**Task directions**
Among the records that follow, find the line with "const ELEMENTS: u16 = 2048;" and the line with "fn vector_where<'a>(from: &mut". Set down those lines and all lines between them exactly, without adding anything.

**Dataset entries**

########################################

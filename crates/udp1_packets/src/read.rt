//! Reading packets.

ghost use Rattle.std.specs.Prelude.{◌≡◌, ◌<◌, ◌≤◌, length, not, IfSome, IfOk, IfErr, IsOkAnd};
ghost use Rattle.std.specs.List.{position_from};
ghost use Rattle.std.specs.Option.{option_copied};
ghost use Rattle.mt_base.specs.CursorView.{left};
ghost use Rattle.udp1_packets.specs.Faults.{Refused};
ghost use Rattle.udp1_packets.specs.Layout.{Spells};
ghost use Rattle.udp1_packets.specs.Reading.{Reads, Answers, is_state, elements_at, size_at, vector_at, vector_where, number_where, data_at, fec_at, rest_at, told_at, marks_in, body_at, packet_at};
ghost use Rattle.udp1_packets.specs.Value.{Packet};
ghost use Rattle.udp1_packets.specs.Views.{body_of, packet_of};

use crate::flags;
use crate::opening::opening;
use crate::packet::{Body1, Packet1};
use ack_vector::read_runs;
use carrier::Refusal1;
use mt_base::Cursor;

/// The elements that a vector has at most.
const ELEMENTS: u16 = 2048;

/// The place of the first element with another state than received and not received.
fn bad_state(elements: &[u8]) -> Option<usize>
    ensures first { result ≡ position_from (λ e. not (is_state e)) 0 elements.now }
    ensures within { IfSome result (λ i. i < length elements.now) }
{
    match read_runs(elements) {
        Ok(_) => None,
        Err(at) => Some(at),
    }
}

#[tactic(auto, unfolding(crate::specs::Reading::elements_at))]
fn elements<'a>(from: &mut Cursor<'a>, size: usize) -> Result<&'a [u8], Refusal1>
    ensures { Reads (λ x. x.now) (left from.new) result (elements_at size (left from.old)) }
{
    let at = from.at();
    let elements = from.take(size)?;
    match bad_state(elements) {
        None => Ok(elements),
        Some(i) => Err(Refusal1::BadState { at: at + i }),
    }
}

#[tactic(auto, unfolding(crate::specs::Reading::size_at))]
fn size(from: &mut Cursor<'_>) -> Result<usize, Refusal1>
    ensures read { Reads (λ x. x) (left from.new) result (size_at (left from.old)) }
    ensures small { IfOk result (λ size. size ≤ 2048) }
{
    let at = from.at();
    let size = from.u16_be()?;
    if ELEMENTS < size {
        return Err(Refusal1::VectorTooLong { at });
    }
    Ok(usize::from(size))
}

/// The elements of a vector, and past the bytes that fill its last unit.
#[tactic(auto, unfolding(crate::specs::Reading::vector_at))]
fn vector<'a>(from: &mut Cursor<'a>) -> Result<&'a [u8], Refusal1>
    ensures { Reads (λ x. x.now) (left from.new) result (vector_at (left from.old)) }
{
    let size = size(from)?;
    let elements = elements(from, size)?;
    from.take((4 - (2 + size) % 4) % 4)?;
    Ok(elements)
}

#[tactic(auto, unfolding(crate::specs::Reading::vector_where))]
fn vector_where<'a>(from: &mut Cursor<'a>, there: bool) -> Result<Option<&'a [u8]>, Refusal1>
    ensures { Reads option_copied (left from.new) result (vector_where there (left from.old)) }
{
    if !there {
        return Ok(None);
    }
    Ok(Some(vector(from)?))
}

#[tactic(auto, unfolding(crate::specs::Reading::number_where))]
fn number_where(from: &mut Cursor<'_>, there: bool) -> Result<Option<u32>, Refusal1>
    ensures { Reads (λ x. x) (left from.new) result (number_where there (left from.old)) }
{
    if !there {
        return Ok(None);
    }
    Ok(Some(from.u32_be()?))
}

#[tactic(auto, unfolding(crate::specs::Reading::data_at))]
fn data<'a>(
    from: &mut Cursor<'a>,
    vector: Option<&'a [u8]>,
    aoa: Option<u32>,
) -> Result<Body1<'a>, Refusal1>
    ensures { Answers body_of result (data_at (option_copied vector.entry) aoa (left from.old)) }
{
    let coded = from.u32_be()?;
    let start = from.u32_be()?;
    Ok(Body1::Data {
        vector,
        aoa,
        coded,
        start,
        bytes: from.rest(),
    })
}

#[tactic(auto, unfolding(crate::specs::Reading::fec_at))]
fn fec<'a>(
    from: &mut Cursor<'a>,
    vector: Option<&'a [u8]>,
    aoa: Option<u32>,
) -> Result<Body1<'a>, Refusal1>
    ensures { Answers body_of result (fec_at (option_copied vector.entry) aoa (left from.old)) }
{
    let coded = from.u32_be()?;
    let start = from.u32_be()?;
    let range = from.u8()?;
    let index = from.u8()?;
    from.take(2)?;
    Ok(Body1::Fec {
        vector,
        aoa,
        coded,
        start,
        range,
        index,
        bytes: from.rest(),
    })
}

#[tactic(auto, unfolding(crate::specs::Reading::rest_at))]
fn rest<'a>(
    from: &mut Cursor<'a>,
    flags: u16,
    vector: Option<&'a [u8]>,
    aoa: Option<u32>,
) -> Result<Body1<'a>, Refusal1>
    ensures { let read = rest_at flags (option_copied vector.entry) aoa (left from.old) in
        Answers body_of result read }
{
    if !flags::has(flags, flags::DATA) {
        return Ok(Body1::Bare {
            vector,
            aoa,
            rest: from.rest(),
        });
    }
    if flags::has(flags, flags::FEC) {
        return fec(from, vector, aoa);
    }
    data(from, vector, aoa)
}

#[tactic(auto, unfolding(crate::specs::Reading::told_at))]
fn told<'a>(from: &mut Cursor<'a>, flags: u16) -> Result<Body1<'a>, Refusal1>
    ensures { Answers body_of result (told_at flags (left from.old)) }
{
    let vector = vector_where(from, flags::has(flags, flags::ACK))?;
    let aoa = number_where(from, flags::has(flags, flags::ACK_OF_ACKS))?;
    rest(from, flags, vector, aoa)
}

/// The flags that announce nothing.
fn marks(flags: u16) -> u16
    ensures { result ≡ marks_in flags }
{
    if flags::has(flags, flags::SYN) {
        return flags & flags::SYN_MARKS;
    }
    if flags::has(flags, flags::DATA) {
        return flags & flags::DATA_MARKS;
    }
    flags & flags::BARE_MARKS
}

#[tactic(auto, unfolding(crate::specs::Reading::body_at))]
fn body<'a>(from: &mut Cursor<'a>, flags: u16) -> Result<Body1<'a>, Refusal1>
    ensures { Answers body_of result (body_at flags (left from.old)) }
{
    if flags::has(flags, flags::SYN) {
        return opening(from, flags);
    }
    told(from, flags)
}

#[tactic(auto, unfolding(crate::specs::Reading::packet_at))]
fn packet<'a>(from: &mut Cursor<'a>) -> Result<Packet1<'a>, Refusal1>
    ensures { Answers packet_of result (packet_at (left from.old)) }
{
    let ack = from.u32_be()?;
    let window = from.u16_be()?;
    let flags = from.u16_be()?;
    let body = body(from, flags)?;
    Ok(Packet1 {
        ack,
        window,
        marks: marks(flags),
        body,
    })
}

/// Reads the packet that `bytes` spell (MS-RDPEUDP section 2.2). Its parts are borrowed from them.
///
/// The fields are taken in order, and the first that is cut short or breaks its rule is the
/// refusal. A field that is cut short is [`Refusal1::Short`] with its place and its whole length.
pub fn read1(bytes: &[u8]) -> Result<Packet1<'_>, Refusal1>
    // What is read was spelled.
    ensures found { IfOk result (λ p. Spells bytes.now (packet_of p)) }
    // What is spelled is read.
    ensures only { (p : Packet) → Spells bytes.now p → IsOkAnd result (λ q. packet_of q ≡ p) }
    // A refusal is the first fault.
    ensures refused { IfErr result (Refused bytes.now) }
{
    packet(&mut Cursor::new(bytes))
}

########################################

**Finished exercise**
const ELEMENTS: u16 = 2048;

/// The place of the first element with another state than received and not received.
fn bad_state(elements: &[u8]) -> Option<usize>
    ensures first { result ≡ position_from (λ e. not (is_state e)) 0 elements.now }
    ensures within { IfSome result (λ i. i < length elements.now) }
{
    match read_runs(elements) {
        Ok(_) => None,
        Err(at) => Some(at),
    }
}

#[tactic(auto, unfolding(crate::specs::Reading::elements_at))]
fn elements<'a>(from: &mut Cursor<'a>, size: usize) -> Result<&'a [u8], Refusal1>
    ensures { Reads (λ x. x.now) (left from.new) result (elements_at size (left from.old)) }
{
    let at = from.at();
    let elements = from.take(size)?;
    match bad_state(elements) {
        None => Ok(elements),
        Some(i) => Err(Refusal1::BadState { at: at + i }),
    }
}

#[tactic(auto, unfolding(crate::specs::Reading::size_at))]
fn size(from: &mut Cursor<'_>) -> Result<usize, Refusal1>
    ensures read { Reads (λ x. x) (left from.new) result (size_at (left from.old)) }
    ensures small { IfOk result (λ size. size ≤ 2048) }
{
    let at = from.at();
    let size = from.u16_be()?;
    if ELEMENTS < size {
        return Err(Refusal1::VectorTooLong { at });
    }
    Ok(usize::from(size))
}

/// The elements of a vector, and past the bytes that fill its last unit.
#[tactic(auto, unfolding(crate::specs::Reading::vector_at))]
fn vector<'a>(from: &mut Cursor<'a>) -> Result<&'a [u8], Refusal1>
    ensures { Reads (λ x. x.now) (left from.new) result (vector_at (left from.old)) }
{
    let size = size(from)?;
    let elements = elements(from, size)?;
    from.take((4 - (2 + size) % 4) % 4)?;
    Ok(elements)
}

#[tactic(auto, unfolding(crate::specs::Reading::vector_where))]
fn vector_where<'a>(from: &mut Cursor<'a>, there: bool) -> Result<Option<&'a [u8]>, Refusal1>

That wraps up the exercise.